Using Node Modules in Deno

Ada Rose Cannon

A bad practice but sometimes there is no alternative.

Last time we introduced about Deno and discussed how it compares to node, like node, Deno is a server side code-execution environment based on web technology.

  • Node uses JavaScript with commonjs modules and npm/yarn as it’s package manager.

  • Deno uses Typescript or JavaScript with modern javascript import statements. It does not need a package manager.

To import a module as usual in deno you reference it by URL:

import { serve } from "https://deno.land/std/http/server.ts"; 

You can find many of the modules you may need in the Deno standard library or in the Deno third party modules list but they don’t have everything.

Sometimes you need to use a module which the maintainers have only made available through the npm ecosystem. Here are some methods from most convenient to least:

1. If the module already uses ES modules import/export syntax.

The libraries you use from deno don’t have to come from the recommended Deno packages they can come from any URL, provided they use the modern import syntax. Using unpkg is a great way to access these files directly from inside an npm repo.

import throttle from [https://unpkg.com/lodash@4.17.19/throttle.js](https://unpkg.com/lodash@4.17.19/throttle.js)

2. If the module itself doesn’t use imports but the source code does

If the module is compiled or in the wrong format though npm you may still have some luck if you take a look at the source code.
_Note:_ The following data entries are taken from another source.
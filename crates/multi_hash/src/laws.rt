//! What the definitions promise of a MultiHash, as the contracts of functions that do nothing.
ghost use Rattle.std.specs.Prelude.{◌≡◌, ℕ, ◌+◌, ◌*◌, ◌/◌, ◌<◌, ◌≤◌, List, true};
ghost use Rattle.bcodes.specs.Bits.{dist};
ghost use Rattle.bcodes.specs.Ranges.{IsDim};
ghost use Rattle.bcodes.specs.Value.{Bare, IndexValue, IsCode, IsLegalMulti, Multi as MultiForm};
ghost use Rattle.bcodes.specs.Value.{MultiValue, Row, inner_of};
ghost use Rattle.bcodes.specs.Answers.{best, is_probed_multi, scan_best, scan_within, within};
ghost use Rattle.bcodes.specs.Marks.{range_mark, search_mark};
ghost use Rattle.multi_hash.specs.Sharp.{IsMissed, lowest_of_each, zeros};

/// A row nearer to the query than `nhash * (nflip + 1)` bits is probed: its distance is at least
/// the sum of the distances over the `nhash` chunks, so they are not all above `nflip`.
#[tactic(auto, using(crate::proofs::ProbeLemmas::close_is_probed))]
pub fn close_rows_are_probed()
    ensures { (v : MultiValue) (q : List ℕ) (row : Row) → IsLegalMulti v → IsCode v.dim row.code
        → dist row.code q < v.nhash * (v.nflip + 1) → is_probed_multi v q row ≡ true }
{}

/// An answer that is marked as exact is that of a full scan.
#[tactic(auto, using(bcodes::proofs::MarkedLemmas::marked_within, bcodes::proofs::MarkedLemmas::marked_best,))]
pub fn marked_answers_are_full_scans()
    ensures range { (v : MultiValue) (q : List ℕ) (radius : ℕ) → IsLegalMulti v
        → range_mark (Bare (MultiForm v)) q radius ≡ true
        → within (Bare (MultiForm v)) q radius ≡ scan_within (Bare (MultiForm v)) q radius }
    ensures search { (v : MultiValue) (q : List ℕ) (k : ℕ) → IsLegalMulti v
        → search_mark (Bare (MultiForm v)) q k ≡ true
        → best (Bare (MultiForm v)) q k ≡ scan_best (Bare (MultiForm v)) q k }
{}

/// A range search up to a radius of `nhash * (nflip + 1)` is always marked as exact, also with
/// outer ids.
#[tactic(auto, using(crate::proofs::ProbeLemmas::small_range_marked))]
pub fn small_ranges_are_exact()
    ensures { (v : MultiValue) (outer : IndexValue) (q : List ℕ) (radius : ℕ)
        → inner_of outer ≡ MultiForm v → radius ≤ v.nhash * (v.nflip + 1)
        → range_mark outer q radius ≡ true }
{}

/// No greater radius could be promised while `nflip` is below `b`: the code that has exactly the
/// lowest `nflip + 1` bits of each chunk lies at a distance of `nhash * (nflip + 1)` from the code
/// of zeros, and is not probed for it.
pub fn bound_is_sharp()
    ensures { (d nhash b nflip : ℕ) → IsDim d → 1 ≤ nhash → nhash ≤ 1024 → 1 ≤ b → b ≤ 64
        → nhash * b ≤ d → nflip < b
        → IsMissed d nhash b nflip (lowest_of_each d nhash b nflip) (zeros d) }
{}
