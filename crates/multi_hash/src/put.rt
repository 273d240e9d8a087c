ghost use Rattle.std.specs.Prelude.{◌≡◌, ◌≢◌, ℕ, ◌+◌, ◌*◌, ◌^◌, ◌<◌, ◌≤◌, ◌++◌, length};
ghost use Rattle.std.specs.List.{All};
ghost use Rattle.code_pool.specs.Lists.{list_at};
ghost use Rattle.flip_walk.specs.Patterns.{times};
ghost use Rattle.row_lists.specs.Put.{put_on};
ghost use Rattle.row_lists.specs.Room.{HasRoomFor};
ghost use Rattle.multi_hash.specs.Inside.{IsPosition, lists_in};
ghost use Rattle.multi_hash.specs.Room.{AreApart, lists_under, marks};

use bcodes::Ledger;
use code_pool::Pool;

/// Puts the positions from `first` on into the buckets on these lists, one each, where there is
/// room. It takes no memory.
pub fn put<L: Ledger>(buckets: &mut Pool<L>, lists: &[u32], first: usize)
    requires known { All (λ l. l < length buckets.old.lists) lists.now }
    requires size { buckets.old.code_size ≡ 0 }
    requires room { HasRoomFor lists.now buckets.old }
    requires few { first + length lists.now < 2 ^ 31 }
    ensures rows { (l : ℕ) → lists_in buckets.new l
        ≡ lists_in buckets.old l ++ put_on l lists.now (marks first (length lists.now)) }
    ensures spare { (l : ℕ) → times l lists.now ≡ 0
        → (list_at buckets.old l).spare ≤ (list_at buckets.new l).spare }
    ensures lists { length buckets.new.lists ≡ length buckets.old.lists }
    ensures size { buckets.new.code_size ≡ 0 }
{
    for i in 0..lists.len() {
        buckets.push(lists[i], (first + i) as i64, &[]);
    }
}

/// Puts `count` positions from `first` on into the buckets of each of `nhash` maps. The lists of
/// all maps stand one after the other. It takes no memory.
pub fn put_all<L: Ledger>(
    buckets: &mut Pool<L>,
    lists: &[u32],
    first: usize,
    nhash: usize,
    count: usize,
)
    requires whole { length lists.now ≡ nhash * count }
    requires known { All (λ l. l < length buckets.old.lists) lists.now }
    requires size { buckets.old.code_size ≡ 0 }
    requires room { (i : ℕ) → i < nhash → HasRoomFor (lists_under lists.now count i) buckets.old }
    requires apart { AreApart lists.now nhash count }
    requires few { first + count < 2 ^ 31 }
    ensures rows { (i l : ℕ) → i < nhash
        → ((j : ℕ) → j < nhash → j ≢ i → times l (lists_under lists.now count j) ≡ 0)
        → lists_in buckets.new l ≡ lists_in buckets.old l
        ++ put_on l (lists_under lists.now count i) (marks first count) }
    ensures places { (n l : ℕ) → first + count ≤ n → All (IsPosition n) (lists_in buckets.old l)
        → All (IsPosition n) (lists_in buckets.new l) }
    ensures short { (l : ℕ) → length (lists_in buckets.new l)
        ≤ length (lists_in buckets.old l) + nhash * count }
    ensures lists { length buckets.new.lists ≡ length buckets.old.lists }
    ensures size { buckets.new.code_size ≡ 0 }
{
    for i in 0..nhash {
        put(buckets, &lists[i * count..(i + 1) * count], first);
    }
}
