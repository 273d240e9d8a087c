ghost use Rattle.std.specs.Prelude.{◌≡◌, ◌+◌, ◌*◌, ◌≤◌, ◌++◌, length, map, IfOk, OnOk};
ghost use Rattle.code_pool.specs.Lists.{rows_in};
ghost use Rattle.key_buckets.specs.Keys.{key_in};
ghost use Rattle.multi_hash.specs.Inside.{row_key};

use bcodes::{BinaryIndex, Ledger, Meter, Want, chunk, code_at};
use code_pool::Run;
use flat_index::Flat;
use std::alloc::Global;

/// The keys of `b` bits of all codes of a Flat under map `i`, in the order of their positions.
/// Nothing is promised of how far the meter rises.
///
/// # Errors
///
/// If memory runs out.
pub fn keys_under<L: Ledger>(
    alloc: Global,
    storage: &Flat<L>,
    i: u32,
    b: u32,
    meter: &mut Meter<L>,
) -> Result<Vec<u64>, Want>
    requires b_least { 1 ≤ b }
    requires b_most { b ≤ 64 }
    requires within { (i + 1) * b ≤ storage.now.dim }
    ensures { IfOk result (λ keys. keys.items ≡ map (key_in i b) storage.now.codes) }
{
    let size = storage.dim().bytes();
    let count = storage.count();
    let mut keys = Vec::with_capacity(alloc, count as usize)?;
    let mut from = 0;
    while from < count {
        let run = storage.lend(from, meter);
        push_keys(&mut keys, run, size, i, b)?;
        from += run.labels.len() as u64;
    }
    Ok(keys)
}

// Appends the keys of the codes of a run.
fn push_keys(keys: &mut Vec<u64>, run: Run<'_>, size: usize, i: u32, b: u32) -> Result<(), Want>
    requires b_least { 1 ≤ b }
    requires b_most { b ≤ 64 }
    requires size_least { 1 ≤ size }
    requires within { (i + 1) * b ≤ 8 * size }
    requires whole { length run.codes.now ≡ length run.labels.now * size }
    ensures { OnOk result (keys.new.items ≡ keys.old.items
        ++ map (row_key i b) (rows_in size run.entry.labels.now run.entry.codes.now)) }
{
    for at in 0..run.labels.len() {
        keys.push(chunk(code_at(run.codes, size, at), i, b))?;
    }
    Ok(())
}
Many popular libraries have moved away from using commonjs in their source code to the standards compliant es module import syntax.

Some packages have a separate src/ and dist/ directory where the esmodule style code is in src/ which isn’t included in the package available through npm. In that case you can import from the source directly.

import throttle from "https://raw.githubusercontent.com/lodash/lodash/master/throttle.js";

I got this URL by clicking on the “raw” button on github to get the raw JS file. It’s probably neater to use a github cdn or to see if the file is available through github pages, but this works.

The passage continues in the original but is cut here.